Collected data entries |
%%

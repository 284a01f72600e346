ghost use Rattle.bar_pool.specs.Pool.{RisesWithin};
ghost use Rattle.barline_follow.specs.Builds.{most_lists, most_tables};
ghost use Rattle.barline_follow.specs.NextBars.{AreBuiltInRoundOf, IsCourseOf, IsNextBar, IsRoundOf};
ghost use Rattle.barline_follow.specs.Rounds.{IsBest};
ghost use Rattle.barline_follow.specs.Searched.{AreBuiltInSearch};
ghost use Rattle.barline_follow.specs.Courses.{first_course};
ghost use Rattle.edit_session.specs.Prepared.{RisesBy};
ghost use Rattle.grammar_plan.specs.Plans.{IsPlan};
ghost use Rattle.rhythm_base.specs.Readable.{IsReadable};
ghost use Rattle.std.specs.Prelude.{◌≡◌, ◌+◌, ◌*◌, ◌≤◌, [], ◌∷◌, All, IfOk, OnOk, length};

use crate::barring::{Barring, Course};
use crate::crew::Crew;
use crate::gather::gather;
use crate::heads::Heads;
use crate::longer::longer_lists;
use crate::next_bar::{NextBar, bar_like, closing_tick};
use crate::tried::front_tried;
use crate::voice::voices_of;
use bar_cut::check_starts;
use bar_pool::Rooms;
use grammar_plan::Plan;
use least_cost::Steps as Builds;
use rhythm_base::{Grammar, Performance, Tag};
use rhythm_ports::{Gate, Means};
use std::alloc::{AllocError, Global};
use std::thread::Threads;

/// The front of no bar, for so many voices.
fn first_front(alloc: Global, voices: usize) -> Result<Vec<Course>, AllocError>
    ensures { IfOk result (λ v. v.items ≡ first_course voices ∷ []) }
{
    let ticks = Vec::from_array(alloc, [0u64])?;
    let start = Heads {
        costs: [Some(0), None, None, None, None],
    };
    let mut heads = Vec::with_capacity(alloc, voices)?;
    'voices: for _voice in 0..voices {
        heads.push(start)?;
    }
    let barring = Barring::of(ticks, 0, 0);
    let mut front = Vec::new(alloc);
    front.push(Course::of(barring, heads))?;
    Ok(front)
}

/// The next front and the best.
fn next_round<R: Threads + Sync, G: Gate + Sync, B: Tag>(
    means: &Means<'_, R, G>,
    next: &NextBar,
    front: &[Course],
    best: Option<Barring>,
    crew: &Crew<'_>,
    rooms: &mut Rooms,
    builds: &mut Builds<B>,
) -> Result<(Vec<Course>, Option<Barring>), AllocError>
    requires next { IsNextBar next.now }
    requires front { All (IsCourseOf next.now next.now.number) front.now }
    requires few_lists { length front.now ≤ most_lists next.now.number }
    requires plan { IsPlan next.now.grammar.now crew.now.plan.now }
    ensures round { IfOk result (λ r. IsRoundOf next.now front.now best r.0.items r.1) }
    ensures courses { IfOk result (λ r. All (IsCourseOf next.now (next.now.number + 1)) r.0.items) }
    ensures lists { IfOk result (λ r. length r.0.items ≤ 24) }
    ensures builds { OnOk result (RisesBy builds.old builds.new (AreBuiltInRoundOf next.now front.now)) }
    ensures most { RisesWithin builds.old builds.new (24 * 14 * length next.now.voices.now) }
{
    let tried = front_tried(means.alloc, next, front)?;
    let lists = longer_lists(means.alloc, front, tried.as_slice())?;
    let round = gather(means, next, lists, best, crew, rooms, builds)?;
    Ok(round.close())
}

/// The best barlines for a performance by a grammar; none where no list is whole. The cells of a round are built by up to so many
/// workers, one at least, each once, and only their costs. Those of a list that changes nothing of the round are counted with them,
/// and not built.
pub fn best_barlines<R: Threads + Sync, G: Gate + Sync, B: Tag>(
    means: &Means<'_, R, G>,
    grammar: &Grammar,
    performance: &Performance,
    workers: u32,
    builds: &mut Builds<B>,
) -> Result<Option<Barring>, AllocError>
    requires readable { IsReadable grammar.now }
    ensures best { IfOk result (λ best. IsBest grammar.now performance.now best) }
    ensures builds { OnOk result (RisesBy builds.old builds.new (AreBuiltInSearch grammar.now performance.now)) }
    ensures most { RisesWithin builds.old builds.new (most_tables performance.now) }
{
    let plan = Plan::of(means.alloc, grammar)?;
    let crew = Crew {
        plan: &plan,
        workers,
    };
    let closing = closing_tick(performance.notes());
    let voices = voices_of(means.alloc, grammar, performance)?;
    let mut front = first_front(means.alloc, voices.len())?;
    let mut best = None;
    let mut rooms = Rooms::new(means.alloc);
    'rounds: for number in 0..2 * performance.bars().len() {
        if front.is_empty() {
            return Ok(best);
        }
        let like = bar_like(performance, number);
        let next = NextBar {
            grammar,
            performance,
            voices: voices.as_slice(),
            number,
            like,
            is_rooted: check_starts(grammar, &[like]).is_ok(),
            closing,
        };
        let lists = front.as_slice();
        let (longer, longer_best) = next_round(
            means, &next, lists, best, &crew, &mut rooms, builds,
        )?;
        front = longer;
        best = longer_best;
    }
    Ok(best)
}
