ghost use Rattle.barline_follow.specs.Longer.{all_longer, untried};
ghost use Rattle.std.specs.Prelude.{◌≡◌, ◌++◌, ◌∷◌, [], true, IfOk, OnOk, length, map};

use crate::barring::Course;
use crate::offers::Offer;
use least_cost::BarCosts;
use std::alloc::{AllocError, Global};
use std::marker::Model;

/// A list of the front with a bar more, as far as it is known what this bar costs.
#[derive(Drop)]
pub struct Longer<'a> {
    course: &'a Course,
    offer: Offer,
    /// What the bar costs in the first voices.
    costs: Vec<BarCosts>,
    /// It is passed over, since it changes nothing.
    is_out: bool,
}

impl<'a> Model for Longer<'a> {
    ghost use Rattle.barline_follow.specs.Longer.{Longer};

    ghost Value = { Longer };

    ghost view = { λ l. record { course = l.course.now; offer = l.offer; costs = l.costs.items; is_out = l.is_out } };
}

impl<'a> Longer<'a> {
    /// A list with a bar of which no cost is known.
    pub fn new(alloc: Global, course: &'a Course, offer: Offer) -> Longer<'a>
        ensures { result ≡ untried course.entry.now offer }
    {
        Longer {
            course,
            offer,
            costs: Vec::new(alloc),
            is_out: false,
        }
    }

    /// The list of the front.
    pub fn course(&self) -> &Course
        ensures { result.now ≡ self.now.course }
    {
        self.course
    }

    /// The bar that is tried.
    pub fn offer(&self) -> Offer
        ensures { result ≡ self.now.offer }
    {
        self.offer
    }

    /// What the bar costs in the first voices.
    pub fn costs(&self) -> &[BarCosts]
        ensures { result.now ≡ self.now.costs }
    {
        self.costs.as_slice()
    }

    /// Whether it is passed over.
    pub fn is_out(&self) -> bool
        ensures { result ≡ self.now.is_out }
    {
        self.is_out
    }

    /// Passes it over.
    pub fn leave_out(&mut self)
        ensures { self.new ≡ record { course = self.old.course; offer = self.old.offer; costs = self.old.costs; is_out = true } }
    {
        self.is_out = true;
    }

    /// Learns what its bar costs in the next voice.
    pub fn learn(&mut self, costs: BarCosts) -> Result<(), AllocError>
        ensures { OnOk result (self.new ≡ record {
          course = self.old.course;
          offer = self.old.offer;
          costs = self.old.costs ++ costs ∷ [];
          is_out = self.old.is_out;
        }) }
    {
        self.costs.push(costs)?;
        Ok(())
    }
}

/// Appends a list with each bar that is tried of it.
fn push_longer<'a>(
    alloc: Global,
    course: &'a Course,
    tried: &[Offer],
    lists: &mut Vec<Longer<'a>>,
) -> Result<(), AllocError>
    ensures { OnOk result (lists.new.items ≡ lists.old.items ++ map (untried course.entry.now) tried.now) }
{
    'offers: for offer in tried {
        lists.push(Longer::new(alloc, course, *offer))?;
    }
    Ok(())
}

/// Each list of the front with each bar that is tried of it.
pub fn longer_lists<'a>(
    alloc: Global,
    front: &'a [Course],
    tried: &[Vec<Offer>],
) -> Result<Vec<Longer<'a>>, AllocError>
    requires { length front.now ≡ length tried.now }
    ensures { IfOk result (λ v. v.items ≡ all_longer front.entry.now (map (λ own. own.items) tried.now)) }
{
    let mut lists = Vec::new(alloc);
    'lists: for place in 0..front.len().min(tried.len()) {
        let own = tried[place].as_slice();
        push_longer(alloc, &front[place], own, &mut lists)?;
    }
    Ok(lists)
}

%%

Problem description | After reading the entries above, report the number of lines that include the string "IsCourseOf". Give no other text.

Response box | 3